[Saved entries]
- - - - -

/// Asserts what New York has in force from a change on, its string, and the length of its file.
fn expect_new_york(rt: &impl Abort, alloc: Global, zone: &OpenZone) {
    let before = zone.offset_at(&at(rt, 1_710_053_999));
    let after = zone.offset_at(&at(rt, 1_710_054_000));
    holds(rt, "a change", (before == -18_000) & (after == -14_400));
    expect_string(rt, alloc, zone);
    expect_file(rt, alloc, zone);
}

/// Asserts the zone of a source.
fn expect_zone(rt: &impl Abort, alloc: Global, source: &OpenSource) {
    let zone = zone_in(rt, alloc, source, "America/New_York");
    expect_new_york(rt, alloc, &zone);
}

fn has_one_name(source: &OpenSource) -> bool {
    (source.name_count() == 1) & (source.name(0) == Some("America/New_York"))
}

#[test]
fn a_source_in_plain_form_is_opened(rt: HostRuntime) {
    let source = plain_source(&rt, rt.alloc(), NEW_YORK);
    holds(&rt, "names", has_one_name(&source));
    expect_zone(&rt, rt.alloc(), &source);
}

/// A zone whose rules end in 2150, so that its lines don't go on.
const ENDING: &[u8] =
    b"R E 1981 2150 - Mar lastSun 1u 1 S\nR E 1996 2150 - O lastSun 1u 0 -\nZ Europe/Ending 1 E CE%sT\n";

/// A second of July 2150.
const JULY_2150: i64 = 5_695_963_200;

/// Whether New York has summer time in July 2150.
fn has_summer(zone: &OpenZone, july: &OffsetDateTime) -> bool {
    let mut name = [0; 3];
    let found = zone.in_force(july, &mut name);
    (zone.last_year() == 9999) & (found.offset == -14_400) & found.is_saving & (name == *b"EDT")
}

/// Whether that is the change in the spring before.
fn is_spring(change: Change) -> bool {
    (change.second == 5_686_009_200) & (change.offset == -14_400) & (change.saving == 3600)
}

fn expect_on(rt: &impl Abort, zone: &OpenZone) {
    holds(rt, "summer", has_summer(zone, &at(rt, JULY_2150)));
    let change = zone.next_change(5_680_281_600);
    holds(rt, "spring", change.is_some_and(is_spring));
}

/// Asserts that a zone has its offset of winter in that July.
fn expect_end(rt: &impl Abort, zone: &OpenZone) {
    let offset = zone.offset_at(&at(rt, JULY_2150));
    holds(rt, "end", (zone.last_year() == 2099) & (offset == 3600));
}

#[test]
fn a_zone_goes_on_or_keeps_to_2099_as_its_lines_do(rt: HostRuntime) {
    expect_on(&rt, &zone_of(&rt, rt.alloc(), SHORT, "East"));
    expect_end(&rt, &zone_of(&rt, rt.alloc(), ENDING, "Europe/Ending"));
}

/// Sources that are refused in plain form, and in any, each with the line that tells its fault.
const REFUSED: &str = "\
Zone A 0 - X;Zone~source 2: line InvalidLineType;
Zone A 0 - A 99999999999999999999~source 1: line FailedYearParse;
Rule R 2000 only - Febtober 1 0:00 0 -~source 1: line FailedMonthParse;
Rule R 2000 only - Jan Xyz>=40 0:00 0 -~source 1: line FailedWeekdayParse;
Rule R 2000 only HEY Jan 1 0:00 0 -~source 1: line TypeColumnContainedNonHyphen;
Zone A 0 1 A~source 1: line CouldNotParseSaving;
Rule R 2000 only - Jan 32 0:00 0 -~source 1: line InvalidDaySpec;
Zone A 200 - A~source 1: line InvalidTimeSpecAndType;
Zone A 1:00u - A~source 1: line NonWallClockInTimeSpec;
 0 - X~source 1: build SurpriseContinuationLine;
Zone A 0 - X;Zone B 0 b X~source 2: build UnknownRuleset;
Link A B;Link C B~source 2: build DuplicateLink;
Zone A 0 - X;Zone A 0 - Y~source 2: build DuplicateZone;
";

/// The line of the fault for which a source in plain form is refused.
fn plain_refusal(rt: &impl Abort, alloc: Global, source: &[u8]) -> Vec<u8> {
    match OpenSource::open_plain(alloc, source) {
        Err(OpenFault::Source(error)) => source_fault_bytes(alloc, &error).expect(rt, "memory"),
        Err(_) => panic!(rt; "too long, or memory"),
        Ok(_) => panic!(rt; "opened"),
    }
}

/// Asserts the line for the source of a row.
fn expect_plain_refusal(rt: &impl Abort, alloc: Global, row: &str) {
    let (source, due) = row.split_once('~').expect(rt, "no fault");
    let source = bytes_of(rt, alloc, Some(source));
    let due = bytes_of(rt, alloc, Some(due));
    let told = plain_refusal(rt, alloc, &source);
    holds(rt, row, told.as_slice() == due.as_slice());
}

fn expect_plain_refusals(rt: &impl Abort, alloc: Global) {
    for row in REFUSED.lines() {
        expect_plain_refusal(rt, alloc, row);
    }
    let no_text = plain_refusal(rt, alloc, b"# a\n\xff\n");
    let due = b"source 2: not text\n".as_slice();
    holds(rt, "no text", no_text.as_slice() == due);
}

#[test]
fn refused_plain_sources_are_told_by_their_faults(rt: HostRuntime) {
    expect_plain_refusals(&rt, rt.alloc());
}

/// How many rules, and how many offsets under them, a source has whose plain form would be too long, since each rule is written once
/// for each offset.
const MANY: u32 = 700;

/// Adds its rule of that number.
fn add_rule(rt: &impl Abort, alloc: Global, rules: &mut String, number: u32) {
    let (minute, second) = (number / 60, number % 60);
    let rule = format!(in alloc; "R r 1990 o - O 1 0:{minute}:{second} 1 -\n").expect(rt, "memory");
    rules.push_str(rule.as_str()).expect(rt, "memory");
}

/// Adds the line of its zone that has that number.
fn add_line(rt: &impl Abort, alloc: Global, lines: &mut String, number: u32) {
    let (minute, second) = (number / 60, number % 60);
    let year = number.saturating_add(1001);
    let line = format!(in alloc; "0:{minute}:{second} r %z {year}\n").expect(rt, "memory");
    lines.push_str(line.as_str()).expect(rt, "memory");
}

/// Such a source.
fn product(rt: &impl Abort, alloc: Global) -> String {
    let mut text = String::new(alloc);
    for number in 0..MANY {
        add_rule(rt, alloc, &mut text, number);
    }
    text.push_str("Z A 1 r %z 1000\n").expect(rt, "memory");
    for number in 0..MANY {
        add_line(rt, alloc, &mut text, number);
    }
    text.push_str("0 - X\n").expect(rt, "memory");
    text
}

/// The fault for which a source in any form is refused.
fn refusal(rt: &impl Abort, alloc: Global, source: &[u8]) -> AnySourceFault {
    match OpenSource::open(alloc, source) {
        Err(fault) => fault,
        Ok(_) => panic!(rt; "opened"),
    }
}

/// The line for which a source in any form is refused, and the cause.
fn line_refusal(rt: &impl Abort, alloc: Global, source: &[u8]) -> Vec<u8> {
    match refusal(rt, alloc, source) {
        AnySourceFault::Line(number, cause) => refused_line(rt, alloc, number, cause.name()),
        _ => panic!(rt; "no line is told"),
    }
}

/// Asserts the line and the cause for the source of a row.
fn expect_line_refusal(rt: &impl Abort, alloc: Global, row: &str) {
    let (source, due) = row.split_once('~').expect(rt, "no cause");
    let source = bytes_of(rt, alloc, Some(source));
    let told = line_refusal(rt, alloc, &source);
    holds(rt, row, told.as_slice() == due.as_bytes());
}

fn expect_line_refusals(rt: &impl Abort, alloc: Global) {
    for row in plain::REFUSED.lines() {
        expect_line_refusal(rt, alloc, row);
    }
    let no_text = line_refusal(rt, alloc, b"# a\n\xff\n");
    holds(
        rt,
        "no text",
        no_text.as_slice() == b"2 not text".as_slice(),
    );
}

fn is_too_long(fault: AnySourceFault) -> bool {
    matches!(fault, AnySourceFault::PlainTooLong)
}

#[test]
fn refused_sources_are_told_by_their_faults(rt: HostRuntime) {
    expect_line_refusals(&rt, rt.alloc());
}

#[test]
fn a_source_whose_plain_form_is_too_long_is_told_so(rt: HostRuntime) {
    let long = product(&rt, rt.alloc());
    let fault = refusal(&rt, rt.alloc(), long.as_str().as_bytes());
    holds(&rt, "plain form", is_too_long(fault));
}

/// Zones that can't be asked, each with why: `A` of these sources in plain form, with `;` for each line feed.
const UNASKED: &str = "\
Zone B 0 - X;~UnknownZone
Zone A 26 - X;~OffsetRange
Zone A 0 - X 1999; 0 b X;~Schedule(UnknownRuleset)
Zone A 0 - X; 1 - Y;~Schedule(MissingUntil)
Zone A 0 - X 10000; 1 - Y;~Schedule(YearRange)
Rule R min only - Jan 1 0:00 0 -;Zone A 0 R X;~Schedule(RuleYears)
Rule R 1990 only - Jan Sun<=1 0:00 1 -;Zone A 0 R X;~Schedule(DayRange)
Rule R 9223372036854775807 max - Jan 1 0:00 0 -;Zone A 0 R A;~Schedule(NoStandardSpan)
";

/// Why the zone `A` of a source can't be asked.
fn zone_refusal(rt: &impl Abort, alloc: Global, source: &OpenSource) -> ZoneFault {
    match source.zone(alloc, "A") {
        Err(fault) => fault,
        Ok(_) => panic!(rt; "a zone"),
    }
}

/// Asserts the fault of a row.
fn expect_unasked(rt: &impl Abort, alloc: Global, row: &str) {
    let (source, due) = row.split_once('~').expect(rt, "no fault");
    let source = bytes_of(rt, alloc, Some(source));
    let fault = zone_refusal(rt, alloc, &plain_source(rt, alloc, &source));
    let told = format!(in alloc; "{fault:?}").expect(rt, "memory");
    reads(rt, told.as_str(), due);
}

fn expect_all_unasked(rt: &impl Abort, alloc: Global) {
    for row in UNASKED.lines() {
        expect_unasked(rt, alloc, row);
    }
}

- - - - -

**Problem description:** Nothing but the lines from the start of the data through the line holding "fn expect_zone(rt: &impl" should be restated, and each one exactly.

**Output for this task:**
/// Asserts what New York has in force from a change on, its string, and the length of its file.
fn expect_new_york(rt: &impl Abort, alloc: Global, zone: &OpenZone) {
    let before = zone.offset_at(&at(rt, 1_710_053_999));
    let after = zone.offset_at(&at(rt, 1_710_054_000));
    holds(rt, "a change", (before == -18_000) & (after == -14_400));
    expect_string(rt, alloc, zone);
    expect_file(rt, alloc, zone);
}

/// Asserts the zone of a source.
fn expect_zone(rt: &impl Abort, alloc: Global, source: &OpenSource) {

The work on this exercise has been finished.